Könnte das ein tieferliegender Grund für die Pandemie sein? Dass wir es endlich begreifen? Ich fürchte, wir wollen alle nur raus aus diesem Albtraum und unser normales gewohntes Leben zurückhaben. Klar! Aber wie viel besser und tragfähiger könnte dieses Leben nach der Pandemie sein, wenn wir unsere Lektion lernen würden: Dass es Zeiten gibt im Leben, wo es hakt, wo wir eine Auszeit brauchen, wo etwas Neues sich anbahnt und darum Geburtsschmerzen zu ertragen sind.

Auch Jesus wollte nicht gerne leiden. „Lass diesen Kelch an mir vorübergehen“ bat er seinen himmlischen Vater unter Tränen. Und hat ihn dann doch getrunken. Wenn er es nicht getan hätte, wäre er nicht der Christus geworden, dessen Leiden Millionen von Menschen in ihrem Leiden getröstet hat und ihnen die Kraft zum Durchhalten gab, weil sie sich nicht allein fühlten an jenem Ort des Verzweifelns.

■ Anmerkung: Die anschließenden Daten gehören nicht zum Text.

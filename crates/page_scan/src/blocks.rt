// What is open: blocks, as bytes of an array, the innermost last, 1 for the first branch of an if, which must turn before it closes; and the
// parentheses of a call or of a definition.
ghost use Rattle.std.specs.Prelude.{◌≡◌, false, ◌∷◌, ◌+◌, ◌≤◌, ◌<◌, eqb, length};
ghost use Rattle.page_blocks.specs.Blocks.{outside, turned, shut as shut_of, where_items, where_parameters, behind};
ghost use Rattle.page_scan.specs.Stacks.{blocks_of, open_of, moved_says, depth_in, is_among_items, after_item, after_argument, after_parameter};

use page_words::LineContent;

// What a line stands among: items, or the arguments of a call or the parameters of a definition, between their parentheses.
#[derive(Clone, Copy)]
pub enum Among {
    Items,
    Arguments,
    Parameters,
}

pub fn is_among_items(among: Among) -> bool
    ensures { result ≡ is_among_items among }
{
    match among {
        Among::Items => true,
        Among::Arguments => false,
        Among::Parameters => false,
    }
}

// A line that opens and closes no block, and what the next line stands among: a statement,
fn after_item(among: Among, next: Among, depth: usize) -> Option<(Among, usize)>
    ensures { result ≡ after_item among next depth }
{
    match among {
        Among::Items => Some((next, depth)),
        Among::Arguments => None,
        Among::Parameters => None,
    }
}

// an argument,
fn after_argument(among: Among, next: Among, depth: usize) -> Option<(Among, usize)>
    ensures { result ≡ after_argument among next depth }
{
    match among {
        Among::Items => None,
        Among::Arguments => Some((next, depth)),
        Among::Parameters => None,
    }
}

// and a parameter that is not the last.
fn after_parameter(among: Among, depth: usize) -> Option<(Among, usize)>
    ensures { result ≡ after_parameter among depth }
{
    match among {
        Among::Items => None,
        Among::Arguments => None,
        Among::Parameters => Some((Among::Parameters, depth)),
    }
}

fn push(flag: u8, depth: usize, around: &mut [u8; 81958]) -> Option<(Among, usize)>
    requires { (depth < 81958) × (length around.old ≡ 81958) }
    ensures around_after { moved_says result around.new ≡ Some (outside (eqb flag 1 ∷ blocks_of depth around.old)) }
    ensures result_bound { (depth_in result ≤ depth + 1) × (length around.new ≡ 81958) }
{
    around[depth] = flag;
    let deeper = depth + 1;
    Some((Among::Items, deeper))
}

// A statement, or a function without parameters, opens its block,
fn open_block(
    flag: u8,
    among: Among,
    depth: usize,
    around: &mut [u8; 81958],
) -> Option<(Among, usize)>
    requires { (depth < 81958) × (length around.old ≡ 81958) }
    ensures around_after { moved_says result around.new ≡ where_items (λ blocks. Some (outside (eqb flag 1 ∷ blocks))) (open_of among depth around.old) }
    ensures result_bound { (depth_in result ≤ depth + 1) × (length around.new ≡ 81958) }
{
    match among {
        Among::Items => push(flag, depth, around),
        Among::Arguments => None,
        Among::Parameters => None,
    }
}

// and the last parameter that of its function.
fn open_function(among: Among, depth: usize, around: &mut [u8; 81958]) -> Option<(Among, usize)>
    requires { (depth < 81958) × (length around.old ≡ 81958) }
    ensures around_after { moved_says result around.new ≡ where_parameters (λ blocks. Some (outside (false ∷ blocks))) (open_of among depth around.old) }
    ensures result_bound { (depth_in result ≤ depth + 1) × (length around.new ≡ 81958) }
{
    match among {
        Among::Items => None,
        Among::Arguments => None,
        Among::Parameters => push(0, depth, around),
    }
}

fn turn(depth: usize, around: &mut [u8; 81958]) -> Option<(Among, usize)>
    requires { (depth ≤ 81958) × (length around.old ≡ 81958) }
    ensures around_after { moved_says result around.new ≡ turned (blocks_of depth around.old) }
    ensures result_bound { (depth_in result ≤ depth + 1) × (length around.new ≡ 81958) }
{
    if depth == 0 {
        return None;
    }
    let last = depth - 1;
    if around[last] != 1 {
        return None;
    }
    around[last] = 0;
    Some((Among::Items, depth))
}

fn shut(depth: usize, around: &mut [u8; 81958]) -> Option<(Among, usize)>
    requires { (depth ≤ 81958) × (length around.old ≡ 81958) }
    ensures around_after { moved_says result around.new ≡ shut_of (blocks_of depth around.old) }
    ensures result_bound { (depth_in result ≤ depth + 1) × (length around.new ≡ 81958) }
{
    if depth == 0 {
        return None;
    }
    let last = depth - 1;
    if around[last] == 1 {
        return None;
    }
    Some((Among::Items, last))
}

// `} else {` and `}` stand among items.
fn turn_item(among: Among, depth: usize, around: &mut [u8; 81958]) -> Option<(Among, usize)>
    requires { (depth ≤ 81958) × (length around.old ≡ 81958) }
    ensures around_after { moved_says result around.new ≡ where_items turned (open_of among depth around.old) }
    ensures result_bound { (depth_in result ≤ depth + 1) × (length around.new ≡ 81958) }
{
    match among {
        Among::Items => turn(depth, around),
        Among::Arguments => None,
        Among::Parameters => None,
    }
}

fn shut_item(among: Among, depth: usize, around: &mut [u8; 81958]) -> Option<(Among, usize)>
    requires { (depth ≤ 81958) × (length around.old ≡ 81958) }
    ensures around_after { moved_says result around.new ≡ where_items shut_of (open_of among depth around.old) }
    ensures result_bound { (depth_in result ≤ depth + 1) × (length around.new ≡ 81958) }
{
    match among {
        Among::Items => shut(depth, around),
        Among::Arguments => None,
        Among::Parameters => None,
    }
}

// What is open behind a line, by what is open before it.
pub fn pass_line(
    line: LineContent,
    among: Among,
    depth: usize,
    around: &mut [u8; 81958],
) -> Option<(Among, usize)>
    requires { (depth < 81958) × (length around.old ≡ 81958) }
    ensures around_after { moved_says result around.new ≡ behind line (open_of among depth around.old) }
    ensures result_bound { (depth_in result ≤ depth + 1) × (length around.new ≡ 81958) }
{
    match line {
        LineContent::Empty => after_item(among, Among::Items, depth),
        LineContent::Abort => after_item(among, Among::Items, depth),
        LineContent::Goto(_) => after_item(among, Among::Items, depth),
        LineContent::Label(_) => after_item(among, Among::Items, depth),
        LineContent::Store(_, _) => after_item(among, Among::Items, depth),
        LineContent::Put(_, _, _) => after_item(among, Among::Items, depth),
        LineContent::Opens => open_block(0, among, depth, around),
        LineContent::While(_) => open_block(0, among, depth, around),
        LineContent::If(_) => open_block(1, among, depth, around),
        LineContent::Turns => turn_item(among, depth, around),
        LineContent::Closes => shut_item(among, depth, around),
        LineContent::Return(_) => after_item(among, Among::Items, depth),
        LineContent::OpensCall(_, _) => after_item(among, Among::Arguments, depth),
        LineContent::Argument(_) => after_argument(among, Among::Arguments, depth),
        LineContent::LastArgument(_) => after_argument(among, Among::Items, depth),
        LineContent::OpensFunction(_) => open_block(0, among, depth, around),
        LineContent::OpensParameters(_) => after_item(among, Among::Parameters, depth),
        LineContent::Parameter(_) => after_parameter(among, depth),
        LineContent::LastParameter(_) => open_function(among, depth, around),
    }
}
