// Joins: two source programs one behind the other, as one. Definitions and laws alone, in specs/.
#![tactic(auto)]
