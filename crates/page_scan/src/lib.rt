// One pass over a page, from its first line to its last: its rows are counted, or the first line that is wrong is told.
#![tactic(auto)]

pub mod blocks; // blocks.rt: the blocks and parentheses that are open
pub mod rows; // rows.rt: the rows of a line, and the lines of a page

ghost use Rattle.std.specs.Prelude.{◌≡◌, ◌≤◌, ◌<◌, ◌+◌, ◌*◌, length};
ghost use Rattle.page_blocks.specs.Scans.{ended, scan as scan_of};
ghost use Rattle.page_scan.specs.Stacks.{blocks_of, end_of};

use self::blocks::{Among, is_among_items, pass_line};
use self::rows::{line_count, rows_of};
use page_frame::line_in;
use page_words::Names;

// Behind the last whole line: no byte is left, and nothing is open.
fn end(whole: bool, among: Among, depth: usize, rows: usize, next: usize) -> Result<usize, usize>
    ensures { result ≡ end_of whole among depth rows next }
{
    if !whole {
        return Err(next);
    }
    if !is_among_items(among) {
        return Err(next);
    }
    if depth == 0 {
        return Ok(rows);
    }
    Err(next)
}

pub fn scan(names: Names, page: &[u8]) -> Result<usize, usize>
    ensures { result ≡ scan_of names page.now }
{
    let count = line_count(page.len());
    let mut around = [0u8; 81958];
    let mut among = Among::Items;
    let mut depth: usize = 0;
    let mut rows: usize = 1;
    let mut k: usize = 0;
    while k < count {
        let number = k + 1;
        let at = 81 * k;
        let end = at + 81;
        let read = line_in(names, k as u32 + 1, depth, &page[at..end]);
        let Some(line) = read else {
            return Err(number);
        };
        let next = pass_line(line, among, depth, &mut around);
        let Some((standing, deeper)) = next else {
            return Err(number);
        };
        among = standing;
        depth = deeper;
        rows += rows_of(line);
        k = number;
    }
    end(81 * k == page.len(), among, depth, rows, k + 1)
}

Wir brauchen die Ermutigung dazu: Du darfst leiden, du darfst schwach sein, du musst nicht immer funktionieren. Wenn wir das von geliebten Menschen zugesprochen bekommen, kann diese Erlaubnis zu einer tiefen Transformation führen. So wie der Schriftsteller Jeff Foster es an einen lieben Freund schreibt, der seine über alles geliebte Frau verloren hatte: „Dein kostbares Herz ist jetzt so ungeschützt und blutet so sehr, mein Freund. Keine Worte können Dich trösten. Aber ich möchte, dass Du weißt: Ich bin an Deiner Seite. Du bist nicht allein an diesem uralten Ort. Trauere heute über die Veränderung der Form, über Deine geplatzten Träume, über ihre neu gefundene Freiheit. Versuche nicht, „glücklich“ darüber zu sein. Glücklich sein wäre jetzt eine Lüge für Dich. Beeile Dich auch nicht, damit Du geheilt wirst, versuche auch nicht, Dich „besser zu fühlen“. Das wird kommen. Heute ist ein Tag, um das Leid zu ehren und die Ungewissheit, die Du jetzt spürst, die Macht des Lebens in den Gefühlen zu spüren, die Du jetzt fühlst, und nicht zu glauben, dass alle Fragen beantwortet werden müssen oder dass Du in einen Raum gehen müsstest, in dem Du „schon okay“ wärst oder in dem Du „es geht schon“ sagst. Es ist vielmehr okay, dass Du Dich gerade gar nicht okay fühlst. Unser Herzen sind jetzt bei Dir, alle diejenigen von uns, die geliebt und verloren haben und ihre Illusionen loslassen mussten. Wir sind viele. Dies ist ein uralter Übergang, kein Fehler, keine Strafe…“

(Jeff Foster, Umarme Dein Leben, wie es ist, 2018)

Ich wünsche uns einen ehrlichen Karfreitag – und eine Umarmung unseres ganzen Lebens, die trägt!